La primera vez que Luis Poirot (Santiago de Chile, 84 años) tomó una cámara de fotos fue a causa de un corazón enamorado. En 1963, tras formarse como actor en la Escuela de Teatro de la Universidad de Chile y previo a viajar a Francia para estudiar cine y televisión, retrató a una mujer a la que amaba, pero que no podía acompañarlo en su estadía. Las imágenes fueron su manera de tenerla cerca. “Fue el primer acto fotográfico que hice y sin tener noción de que ese iba a ser mi oficio. Correspondía a esa necesidad de prolongar la presencia a través del acto mágico de la fotografía”, dice Poirot sentado en un sofá blanco, acompañado de su gata Perla, en su departamento en el municipio de Providencia, en el sector oriente de Santiago de Chile.
Esos primeros disparos con la cámara actuaron como un hechizo en la disciplina.

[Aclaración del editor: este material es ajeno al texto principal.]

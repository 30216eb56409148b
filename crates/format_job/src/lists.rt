// The lists of a line, from its first vertex count on: looked through first, and stored only where all of it is well formed and has room.
ghost use Rattle.std.specs.Prelude.{◌≡◌};
ghost use Rattle.format.specs.Fields.{fields_from};
ghost use Rattle.format_job.specs.Reads.{ListsRead};

use crate::walk;
use error::Refusal;

// 22 or 20 of the lists, and how many coordinates were stored.
#[derive(Clone, Copy)]
pub(crate) struct Lists {
    pub refusal: Refusal,
    pub count: usize,
}

fn refused(refusal: Refusal) -> Lists
    ensures refusal { result.refusal ≡ refusal }
    ensures count { result.count ≡ 0 }
{
    Lists { refusal, count: 0 }
}

pub(crate) fn read_lists(
    line: &[u8],
    start: usize,
    rings: usize,
    lengths: &mut [usize],
    coordinates: &mut [f64],
) -> Lists
    ensures { ListsRead (fields_from line.now start) rings
        lengths.old lengths.new coordinates.old coordinates.new result.refusal result.count }
{
    let Some(next) = walk::read_counts(line, start, rings, &mut []) else {
        return refused(Refusal::Job);
    };
    let Some(count) = walk::read_floats(line, next, &mut []) else {
        return refused(Refusal::Job);
    };
    if lengths.len() < rings {
        return refused(Refusal::Short(rings));
    }
    if coordinates.len() < count {
        return refused(Refusal::Short(count));
    }
    walk::read_counts(line, start, rings, lengths);
    walk::read_floats(line, next, coordinates);
    Lists {
        refusal: Refusal::Granted,
        count,
    }
}
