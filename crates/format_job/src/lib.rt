// Reading a job line: a walk from field to field by place that looks at all of it, and a second one that writes its numbers to lent memory.
#![tactic(auto)]

ghost use Rattle.std.specs.Prelude.{◌≡◌};
ghost use Rattle.format_job.specs.Reads;

use error::Refusal;

mod head;
mod lists;
mod walk;

// What a job line says: Granted, the side, the distance, how many rings and how many coordinates; or the refusal, and the rest false and 0.
#[derive(Clone, Copy)]
pub struct Parsed {
    pub refusal: Refusal,
    pub outward: bool,
    pub distance: f64,
    pub rings: usize,
    pub count: usize,
}

fn refused(refusal: Refusal) -> Parsed
    ensures { result ≡ Reads.unparsed refusal }
{
    Parsed {
        refusal,
        outward: false,
        distance: 0.0,
        rings: 0,
        count: 0,
    }
}

// A line, without its LF: 22, then 20 of the vertex counts, then 20 of the coordinates. They stand at the front of the lent memory,
// and a refused read changes nothing. 999 and 962 numbers are room for every line.
pub fn parse_job(line: &[u8], lengths: &mut [usize], coordinates: &mut [f64]) -> Parsed
    ensures answered { result ≡ Reads.parse_answered line.now lengths.old coordinates.old }
    ensures counted { lengths.new ≡ Reads.lengths_written line.now lengths.old coordinates.old }
    ensures numbered { coordinates.new ≡ Reads.coordinates_written line.now lengths.old coordinates.old }
{
    let Some(head) = head::head_of(line) else {
        return refused(Refusal::Job);
    };
    let found = lists::read_lists(line, head.next, head.rings, lengths, coordinates);
    let refusal = found.refusal;
    if !refusal.granted() {
        return refused(refusal);
    }
    Parsed {
        refusal: Refusal::Granted,
        outward: head.outward,
        distance: head.distance,
        rings: head.rings,
        count: found.count,
    }
}
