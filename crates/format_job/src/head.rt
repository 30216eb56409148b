// The head of a job line: side, distance and ring count.
ghost use Rattle.std.specs.Prelude.{◌≡◌, false, MatchOption};
ghost use Rattle.format_job.specs.Reads.{head_fits, HeadOf};

// The head, and where the first vertex count starts.
#[derive(Clone, Copy)]
pub(crate) struct Head {
    pub outward: bool,
    pub distance: f64,
    pub rings: usize,
    pub next: usize,
}

// `outset` goes with one ring.
pub(crate) fn head_of(line: &[u8]) -> Option<Head>
    ensures { MatchOption result (head_fits line.now ≡ false) (HeadOf line.now) }
{
    if 16384 < line.len() {
        return None;
    }
    let side = format_fields::side_of(line)?;
    let distance = format_fields::number_at(line, side.next)?;
    let rings = format_fields::number_at(line, distance.next)?;
    if side.value & (rings.value != 1) {
        return None;
    }
    Some(Head {
        outward: side.value,
        distance: distance.value,
        rings: rings.value,
        next: rings.next,
    })
}
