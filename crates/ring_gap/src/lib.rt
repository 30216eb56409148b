// How far two rings are from each other: the least gap over the vertices of each against the edges of the other.
#![tactic(auto)]

ghost use Rattle.std.specs.Prelude.{◌≤◌, ◌<◌, ◌≡◌};
ghost use Rattle.ring_gap.specs.Gap;
ghost use Rattle.ring_gap.specs.Blocks;

use plane::{Bounds, PlanarPoint};

// The box, made larger to hold each point of the edge ab that can be the nearest to some point, as rounded.
pub(crate) fn widened(s: Bounds, a: PlanarPoint, b: PlanarPoint) -> Bounds
    ensures { result ≡ Blocks.widened s a b }
{
    let near = plane::sub(
        a,
        PlanarPoint {
            east: 0.0,
            north: 0.0,
        },
    );
    let far = segment::along(a, plane::sub(b, a), 1.0);
    Bounds {
        low: segment::low(far, segment::low(near, segment::low(a, s.low))),
        high: segment::high(far, segment::high(near, segment::high(a, s.high))),
    }
}

// Whether the box lies at least `least` from q by one side alone.
pub(crate) fn beyond(s: Bounds, q: PlanarPoint, least: f64) -> bool
    ensures { result ≡ Blocks.beyond s q least }
{
    let l = plane::sub(s.low, q);
    let h = plane::sub(s.high, q);
    let away = -least;
    (least <= l.east) | ((h.east <= away) | ((least <= l.north) | (h.north <= away)))
}

// Where the block of at most 8 edges ends that starts at `from`.
pub(crate) fn block_end(n: usize, from: usize) -> usize
    requires { from < n }
    ensures { Blocks.Run n from result }
{
    from + (n - from).min(8)
}

// A box that holds the edges from `from` to `to`.
pub(crate) fn block_box(ps: &[f64], n: usize, from: usize, to: usize) -> Bounds
    requires { Blocks.Run n from to }
    ensures { Blocks.Spans ps.now n from to result }
{
    let top = math::infinity();
    let mut a = ring::vertex_at(ps, from);
    let mut s = Bounds {
        low: PlanarPoint {
            east: top,
            north: top,
        },
        high: PlanarPoint {
            east: -top,
            north: -top,
        },
    };
    for k in from..to {
        let b = ring::edge_end(ps, n, k);
        s = widened(s, a, b);
        a = b;
    }
    s
}

// The lesser of the least gap so far and that of q from the edge ab. A root is taken only where the squares do not tell.
pub(crate) fn lesser_gap(q: PlanarPoint, a: PlanarPoint, b: PlanarPoint, least: f64) -> f64
    ensures { result ≡ Blocks.taken least (Blocks.gap_between q a b) }
{
    let offset = plane::sub(segment::closest_on_segment(q, a, b), q);
    if ring_near::clearly(least * least, plane::dot(offset, offset)) {
        return least;
    }
    let gap = plane::length_of(offset);
    base::choose(gap < least, gap, least)
}

// The least gap of q from the edges from `from` to `to`, or `least`.
pub(crate) fn edges_least(
    ps: &[f64],
    n: usize,
    from: usize,
    to: usize,
    q: PlanarPoint,
    least: f64,
) -> f64
    requires { Blocks.Run n from to }
    ensures { Blocks.Least (Blocks.FromEdges ps.now n from to q) least result }
{
    let mut a = ring::vertex_at(ps, from);
    let mut s = least;
    for k in from..to {
        let b = ring::edge_end(ps, n, k);
        s = lesser_gap(q, a, b, s);
        a = b;
    }
    s
}

// The least gap of the second ring's vertices from the edges from `from` to `to`, or `least`. The edges are asked one by one only where
// their box does not lie beyond the least so far.
pub(crate) fn block_least(
    ps: &[f64],
    n: usize,
    from: usize,
    to: usize,
    frame: Bounds,
    qs: &[f64],
    m: usize,
    least: f64,
) -> f64
    requires run { Blocks.Run n from to }
    requires spans { Blocks.Spans ps.now n from to frame }
    ensures { Blocks.Least (Blocks.FromVertices ps.now n from to qs.now m) least result }
{
    let mut s = least;
    for i in 0..m {
        let q = ring::vertex_at(qs, i);
        if !beyond(frame, q, s) {
            s = edges_least(ps, n, from, to, q, s);
        }
    }
    s
}

// The least gap from the first ring, over the vertices of the second, or `least`: block by block of 8 edges.
pub(crate) fn least_from(ps: &[f64], n: usize, qs: &[f64], m: usize, least: f64) -> f64
    ensures { Blocks.Least (Blocks.FromVertices ps.now n 0 n qs.now m) least result }
{
    let mut s = least;
    let mut from = 0usize;
    // Stays: no plainer, since a block ends where the next one starts: steps of 8 would have to find the end beside it.
    while from < n {
        let to = block_end(n, from);
        s = block_least(ps, n, from, to, block_box(ps, n, from, to), qs, m, s);
        from = to;
    }
    s
}

// The least gap over the vertices of each ring against the edges of the other.
pub fn least_between(ps: &[f64], n: usize, qs: &[f64], m: usize) -> f64
    ensures { result ≡ Gap.least_between ps.now n qs.now m }
{
    least_from(qs, m, ps, n, least_from(ps, n, qs, m, math::infinity()))
}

Así, al rostro de la enamorada le sucedieron sus fotografías de los actores del Teatro Ictus; los retratos de Víctor Jara; sus registros de la cuarta campaña de Salvador Allende para llegar a la presidencia; las fotos de Pablo Neruda en su casa en Isla Negra; el palacio de La Moneda bombardeado pocos días después del golpe de Estado en 1973; sus fotografías durante su exilio en París y Barcelona, lugar donde trabajó para EL PAÍS a inicios de la transición española.
Ante sus ojos alargados, también posó gran parte de la escena cultural chilena: los poetas Enrique Lihn, Nicanor Parra y Raúl Zurita; el fotógrafo Sergio Larraín; los escritores Isabel Allende y José Donoso; la ilustradora Marta Carrasco; el cineasta Raúl Ruiz, el actor Héctor Noguera, el músico Jorge González y tantos otros que inmortalizó, y continúa inmortalizando, a través de la fotografía análoga y en blanco y negro, en sus más de 60 años tras el lente. A pesar de esa trayectoria, Poirot dice que es un hombre al que todavía le falta por mejorar: “Me queda mucho por aprender. Yo miro una foto mía y digo ‘se podría haber hecho mejor”.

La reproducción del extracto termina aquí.